EXERCISE INSTRUCTIONS: Where the word "Judging" occurs in a line of the listing below, copy that line.

RECORDS FOR THE EXERCISE:

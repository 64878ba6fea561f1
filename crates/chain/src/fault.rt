// What can be wrong with a directory: the rule that it breaks, of the six.
ghost use Rattle.std.specs.Prelude.{◌≡◌};
ghost use Rattle.chain.specs.Told.{number_of};

#[derive(Clone, Copy, PartialEq, Eq)]
pub enum Fault {
    Size,
    Header,
    Links,
    Slots,
    Blocks,
    Clash,
}

// The number by which a user knows a fault.
impl From<Fault> for u16 {
    ghost from_gives = { λ f n. n ≡ number_of f };

    fn from(fault: Fault) -> u16 {
        match fault {
            Fault::Size => 1,
            Fault::Header => 2,
            Fault::Links => 3,
            Fault::Slots => 4,
            Fault::Blocks => 5,
            Fault::Clash => 6,
        }
    }
}
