// A text from standard input, and what is wrong with one, in words to standard error.
#![tactic(auto)]

ghost use Rattle.std.specs.Prelude.{IfOk};
ghost use Rattle.typed.specs.Typed.{Within};

use entry::Notation;
use notation::Fault;
use std::io;
use std::io::Read;

// A text longer than this is not taken.
const MOST_TEXT: usize = 500_000;

// One byte more is read, so that a longer text is seen.
pub const TEXT_ROOM: usize = 500_001;

// One line to standard error, which `err` is.
pub fn say(err: &impl Print, words: &[u8]) -> io::Result<()> {
    err.write_all(words)
}

// A fault in the words of its notation.
pub fn say_fault(err: &impl Print, fault: Fault, by: Notation) -> io::Result<()> {
    let mut page = [0u8; 80];
    let length = faults::print_fault(fault, by, &mut page);
    say(err, &page[..length])
}

// Whether a text begins with a byte-order mark: that of UTF-8, or one of UTF-16.
fn is_marked(text: &[u8]) -> bool {
    text.starts_with(b"\xEF\xBB\xBF")
        || text.starts_with(b"\xFF\xFE")
        || text.starts_with(b"\xFE\xFF")
}

// The input to its end or one byte past the longest text, and how long the text is; or nothing, when what is wrong has been said to `err`.
pub fn read_text<R: Read, E: Print>(
    input: &mut R,
    err: &E,
    text: &mut [u8; TEXT_ROOM],
) -> io::Result<Option<usize>>
    ensures { IfOk result (λ typed. Within text.new typed) }
{
    let length = streams::read_full(input, text)?;
    if length > MOST_TEXT {
        say(err, b"the text is longer than 500000 bytes\n")?;
        return Ok(None);
    }
    if is_marked(text) {
        say(
            err,
            b"the text begins with a byte-order mark: save it as UTF-8 without one\n",
        )?;
        return Ok(None);
    }
    Ok(Some(length))
}
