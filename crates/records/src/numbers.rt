// The numbers that stand at a place of a file.
ghost use Rattle.std.specs.Prelude.{◌≡◌, ◌+◌, ◌≤◌, ◌<◌, length, drop};
ghost use Rattle.workfile.specs.Numbers.{little_endian};

// The number of 4 bytes at `at`.
#[tactic(auto, using(workfile::proofs::Finding::of_four))]
pub fn four_bytes(file: &[u8], at: usize) -> u64
    requires { at + 4 ≤ length file.now }
    ensures { (result ≡ little_endian 4 (drop at file.now)) × (result < 4294967296) }
{
    u32::from_le_bytes([file[at], file[at + 1], file[at + 2], file[at + 3]]) as u64
}

// The number of 8 bytes at `at`.
#[tactic(auto, using(workfile::proofs::Finding::of_eight))]
pub fn eight_bytes(file: &[u8], at: usize) -> u64
    requires { at + 8 ≤ length file.now }
    ensures { result ≡ little_endian 8 (drop at file.now) }
{
    u64::from_le_bytes([
        file[at],
        file[at + 1],
        file[at + 2],
        file[at + 3],
        file[at + 4],
        file[at + 5],
        file[at + 6],
        file[at + 7],
    ])
}
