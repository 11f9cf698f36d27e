// A record judged by the rules, from the counts of those before it.
ghost use Rattle.std.specs.Prelude.{◌≡◌};
ghost use Rattle.workfile.specs.Decode.{fits};
ghost use Rattle.records.specs.Judging.{Allowed, judged};

use crate::Judged;
use workfile::{FileRecord, Tally};

// Whether the rules allow a record after those counted.
#[tactic(auto, unfolding(workfile::specs::Decode::fits))]
fn allows(tally: Tally, found: FileRecord) -> bool
    ensures { result ≡ fits tally found }
{
    match found {
        // Before any L, and at most 64.
        FileRecord::Word(_) => tally.lines == 0 && tally.words < workfile::MOST_WORDS,
        // Before any E or U, at most 2,048, and the running sum within 64 bits.
        FileRecord::Value(value) => {
            tally.next_line == 0
                && tally.lines < workfile::MOST_FILE_LINES
                && value <= u64::MAX - tally.sum
        }
        // Lines strictly rising and below the count of L, the size above 0 and within its kind's.
        FileRecord::ErrorOf(under, line, size) => {
            tally.next_line <= line
                && line < tally.lines
                && size > 0
                && size <= signed::most_size(under)
        }
        // The count and the exact sum of L.
        FileRecord::End(count, sum) => count == tally.lines && sum == tally.sum,
        FileRecord::Nothing => false,
    }
}

// The judgement of a record that the rules allow: no rule is tested again.
#[tactic(auto, using(crate::proofs::Judging::word_below, crate::proofs::Judging::line_below, crate::proofs::Judging::sum_below_lem, crate::proofs::Judging::error_below, crate::proofs::Judging::word_taken, crate::proofs::Judging::value_taken, crate::proofs::Judging::error_taken, crate::proofs::Judging::end_taken, crate::proofs::Judging::no_record))]
pub fn take(tally: Tally, found: FileRecord) -> Judged
    requires { Allowed tally found }
    ensures { result ≡ judged tally found }
{
    match found {
        FileRecord::Word(_) => Judged::Next(
            Tally {
                words: tally.words + 1,
                ..tally
            },
            9,
        ),
        FileRecord::Value(value) => Judged::Next(
            Tally {
                lines: tally.lines + 1,
                sum: tally.sum + value,
                ..tally
            },
            9,
        ),
        FileRecord::ErrorOf(_, line, _) => Judged::Next(
            Tally {
                next_line: line + 1,
                ..tally
            },
            13,
        ),
        FileRecord::End(_, _) => Judged::Last,
        FileRecord::Nothing => Judged::Bad,
    }
}

// A record that the rules allow is taken.
#[tactic(auto, using(crate::proofs::Judging::tested, crate::proofs::Judging::untested))]
pub fn judge(tally: Tally, found: FileRecord) -> Judged
    ensures { result ≡ judged tally found }
{
    if allows(tally, found) {
        take(tally, found)
    } else {
        Judged::Bad
    }
}
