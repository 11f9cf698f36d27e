// A record of the working file: what stands at a place of the bytes, and what the rules say of it.
#![tactic(auto)]

pub mod numbers; // numbers.rt: the numbers at a place of a file
pub mod rules; // rules.rt: a record judged by the rules

ghost use Rattle.std.specs.Prelude.{◌≡◌, ◌≤◌, length};
ghost use Rattle.workfile.specs.Decode.{record_at};

use numbers::{eight_bytes, four_bytes};
use workfile::{FileRecord, Tally};

// A record judged by the rules: the counts with it and its length; Z; or a broken rule: three cases, which neither Option nor Result has.
#[derive(Clone, Copy)]
pub enum Judged {
    Next(Tally, usize),
    Last,
    Bad,
}

// The whole record that stands at `at`.
#[tactic(auto, using(workfile::proofs::Finding::no_nine, workfile::proofs::Finding::word_at, workfile::proofs::Finding::value_at, workfile::proofs::Finding::no_thirteen, workfile::proofs::Finding::end_at, workfile::proofs::Finding::no_kind))]
pub fn record_at(file: &[u8], at: usize) -> FileRecord
    requires { at ≤ length file.now }
    ensures { result ≡ record_at file.now at }
{
    let left = file.len() - at;
    if left < 9 {
        return FileRecord::Nothing;
    }
    match file[at] {
        0x57 => FileRecord::Word(eight_bytes(file, at + 1)),
        0x4C => FileRecord::Value(eight_bytes(file, at + 1)),
        _ if left < 13 => FileRecord::Nothing,
        0x45 => FileRecord::ErrorOf(
            false,
            four_bytes(file, at + 1) as usize,
            eight_bytes(file, at + 5),
        ),
        0x55 => FileRecord::ErrorOf(
            true,
            four_bytes(file, at + 1) as usize,
            eight_bytes(file, at + 5),
        ),
        0x5A => FileRecord::End(four_bytes(file, at + 1) as usize, eight_bytes(file, at + 5)),
        _ => FileRecord::Nothing,
    }
}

ANSWER BELOW:
ghost use Rattle.records.specs.Judging.{Allowed, judged};
#[tactic(auto, using(crate::proofs::Judging::word_below, crate::proofs::Judging::line_below, crate::proofs::Judging::sum_below_lem, crate::proofs::Judging::error_below, crate::proofs::Judging::word_taken, crate::proofs::Judging::value_taken, crate::proofs::Judging::error_taken, crate::proofs::Judging::end_taken, crate::proofs::Judging::no_record))]
#[tactic(auto, using(crate::proofs::Judging::tested, crate::proofs::Judging::untested))]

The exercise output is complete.